The comedian has used the hashtags #SenatorColbert and #SpottedSalamander to draw attention on Twitter.
In this day and age in politics, there are a lot of ways to fill a U.S. Senate seat. Comedian Stephen Colbert is hoping to tweet his way into South Carolina’s seat, left vacant by Sen. Jim DeMint last week.
DeMint, a Tea Party favorite, announced last Thursday that he was stepping down from his post to lead the Heritage Foundation starting in January. The announcement quickly made the political world abuzz about who would replace him. It didn’t take long for the name of South Carolina’s favorite native-son, Colbert, to come up. Within hours, Colbert was aiming for the job, at least on Twitter. That evening, he started to encourage his followers to tweet their support for Colbert at South Carolina’s governor, the person who will decide who takes DeMint’s seat.
Of course, Colbert aiming for Republican jobs is nothing new. Just this year, Colbert (jokingly?) toyed with the idea of running for the Republican presidential nomination.
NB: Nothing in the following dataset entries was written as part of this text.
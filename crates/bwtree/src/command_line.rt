//! A run of the program: from the words of a command line to an exit status.

ghost use Rattle.std.specs.Prelude.{◌≡◌, ◌⊎◌};
ghost use Rattle.shell_options.specs.Settings.{MayOpen};

use crate::programs::run_settings;
use bw_shell::Refusal;
use byte_streams::{Input, Output, Reader, Watched, Writer};
use shell_options::{OptionsError, Settings, options};
use std::alloc::Global;
use std::io::{ErrorKind, IsTerminal, Stderr};
use std::process::ExitCode;
use std::sync::Wait;
use std::thread::Threads;
use std::{env, io};

/// Runs the program that the words of the command line ask for, and returns the exit status. A race's threads are those of `threads`.
pub(crate) fn run<R: Threads + Wait + Sync>(rt: &HostRuntime, threads: &R) -> ExitCode {
    let alloc = rt.alloc();
    let words = match words(rt, alloc) {
        Ok(words) => words,
        Err(error) => return ExitCode::from(unread(rt, error.kind())),
    };
    match options(alloc, words.as_slice()) {
        Ok(settings) => ExitCode::from(started(rt, threads, settings)),
        Err(error) => ExitCode::from(refuse(rt, error)),
    }
}

/// The words of the command line, the program's name first.
fn words(rt: &HostRuntime, alloc: Global) -> io::Result<Vec<String>> {
    Ok(env::args(rt)?.collect(alloc)?)
}

/// Prints why the words can't be read, and returns the status.
fn unread(rt: &HostRuntime, kind: ErrorKind) -> u8 {
    if kind == ErrorKind::OutOfMemory {
        return no_memory(rt);
    }
    let _ = eprintln!(rt; "error: invalid UTF-8 was detected in one or more arguments");
    2
}

/// Prints that a growth of memory was refused, and returns the status.
fn no_memory(rt: &HostRuntime) -> u8 {
    let _ = println!(rt; "refused: {}", Refusal::Memory.code());
    1
}

/// Prints why the words are refused, or what they ask for, and returns the status.
fn refuse(rt: &HostRuntime, error: OptionsError) -> u8 {
    match error {
        OptionsError::Clap(error) => {
            let told = error.print(rt).is_ok();
            if error.use_stderr() {
                return 2;
            }
            if told {
                return 0;
            }
            unwritten(rt);
            1
        }
        OptionsError::Misplaced(option) => {
            let _ = eprintln!(rt; "error: {option}");
            2
        }
        OptionsError::Memory => no_memory(rt),
    }
}

/// Prints that standard output couldn't be written.
fn unwritten(rt: &HostRuntime) {
    let _ = eprintln!(rt; "error: standard output could not be written");
}

/// Prints which of standard input and standard output failed.
fn tell_failures(rt: &HostRuntime, read_failed: bool, write_failed: bool) {
    if read_failed {
        let _ = eprintln!(rt; "error: standard input could not be read");
    }
    if write_failed {
        unwritten(rt);
    }
}

/// Prints that a number of these settings is outside its range, and which.
fn tell_range(rt: &HostRuntime, settings: &Settings) {
    let _ = eprintln!(rt; "refused: {}", Refusal::BadLimits.code());
    if let Some(found) = settings.out_of_range() {
        let _ = eprintln!(rt; "error: {found}");
    }
}

/// Standard error, where that is a terminal at which someone waits: neither standard input nor standard output is one.
fn watching(rt: &HostRuntime) -> Option<Stderr> {
    let waits = rt.stderr().is_terminal()
        && !rt.stdin().is_terminal()
        && !rt.stdout().is_terminal();
    if waits { Some(rt.stderr()) } else { None }
}

/// Runs a program from standard input to standard output, and returns the status: 2 exactly where the limits aren't allowed. A race's
/// threads are those of `threads`.
fn started<R: Threads + Wait + Sync>(rt: &HostRuntime, threads: &R, settings: Settings) -> u8
    ensures allowed { MayOpen settings → (result ≡ 0) ⊎ (result ≡ 1) }
    ensures refused { (MayOpen settings → ⊥) → result ≡ 2 }
{
    let mut input = Reader::new(Watched::new(rt.reader(), watching(rt)));
    let mut output = Writer::new(io::writer(rt));
    let Some(status) = run_settings(threads, rt.alloc(), settings, &mut input, &mut output) else {
        tell_range(rt, &settings);
        return 2;
    };
    tell_failures(rt, input.has_failed(), output.has_failed());
    status
}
And surprisingly, the comedian is well-accepted as a possibly political contender, at least according to Public Policy Polling, which reported this weekend that Colbert would be the most popular pick to replace DeMint.
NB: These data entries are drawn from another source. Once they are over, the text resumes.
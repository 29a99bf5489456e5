//! Results are printed.

ghost use Rattle.std.specs.List.{flat_map};
ghost use Rattle.byte_streams.specs.Output.{Prints};
ghost use Rattle.race.specs.Results.{job_reply_text, results_text};

use bw_model::Reply;
use bw_shell::{show_number, show_reply};
use byte_streams::{Output, outputs_add_up};
use workers::JobResult;

fn show_job_reply<O: Output>(out: &mut O, job: u32, reply: &Reply)
    ensures { Prints (O.state out.old) (O.state out.new) (job_reply_text job reply.now) }
{
    outputs_add_up();
    show_number(out, u64::from(job));
    show_reply(out, reply);
}

fn show_replies<O: Output>(out: &mut O, job: u32, replies: &[Reply])
    ensures { Prints (O.state out.old) (O.state out.new) (flat_map (job_reply_text job) replies.now) }
{
    outputs_add_up();
    for reply in replies {
        show_job_reply(out, job, reply);
    }
}

/// A line for each reply of each job.
pub fn show_results<O: Output>(out: &mut O, results: &[JobResult])
    ensures { Prints (O.state out.old) (O.state out.new) (results_text results.now) }
{
    outputs_add_up();
    for result in results {
        show_replies(out, result.job, result.replies.as_slice());
    }
}
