//! What is in a log, and what a seat of its table knows. No value of these types is ever made.

use std::collections::LinkedList;

/// Who may write as whom. An author is a number, which one view has alone.
pub enum Authors {
    /// No author: who has none writes nothing.
    Nobody,
    /// One author.
    One(u64),
    /// All authors from this number on.
    AllFrom(u64),
}

/// What was done with a slot, or with all of them.
pub enum Deed<S> {
    /// A call took out what was in the slot of this number.
    Began(u64),
    /// It put something back into it: it had taken out the first one, and left the second one.
    Ended(u64, S, S),
    /// All slots are out for good.
    Closed,
    /// Nothing waits any more.
    Emptied,
}

/// What was done, and by which author.
pub struct Event<S> {
    pub author: u64,
    pub deed: Deed<S>,
}

/// A view: the authors that it has, which nobody else has, what was in the slots when the table opened, and what it has seen that was done, the last first.
pub struct Knows<S> {
    /// As whom it may write.
    pub authors: Authors,
    /// What was in the slots.
    pub opened: LinkedList<S>,
    /// What was done since then, the last first.
    pub log: LinkedList<Event<S>>,
}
But it didn’t take long for Gov. Haley to respond, and on Dec. 7, she thanked Colbert and his supporters for the hundreds of tweets. But, unfortunately for Colbert fans, the comedian wasn’t about to get selected to replace DeMint. Why? Because he didn’t know South Carolina’s official drink, something Haley was quick to point out. “Big, big mistake,” she wrote on Facebook.
The social media-savvy Colbert then responded that Haley herself wasn’t qualified to lead South Carolina because she didn’t know that the spotted salamander was the state’s official amphibian. He again urged his fans to bombard Haley with tweets, this time with hashtag #SpottedSalamander.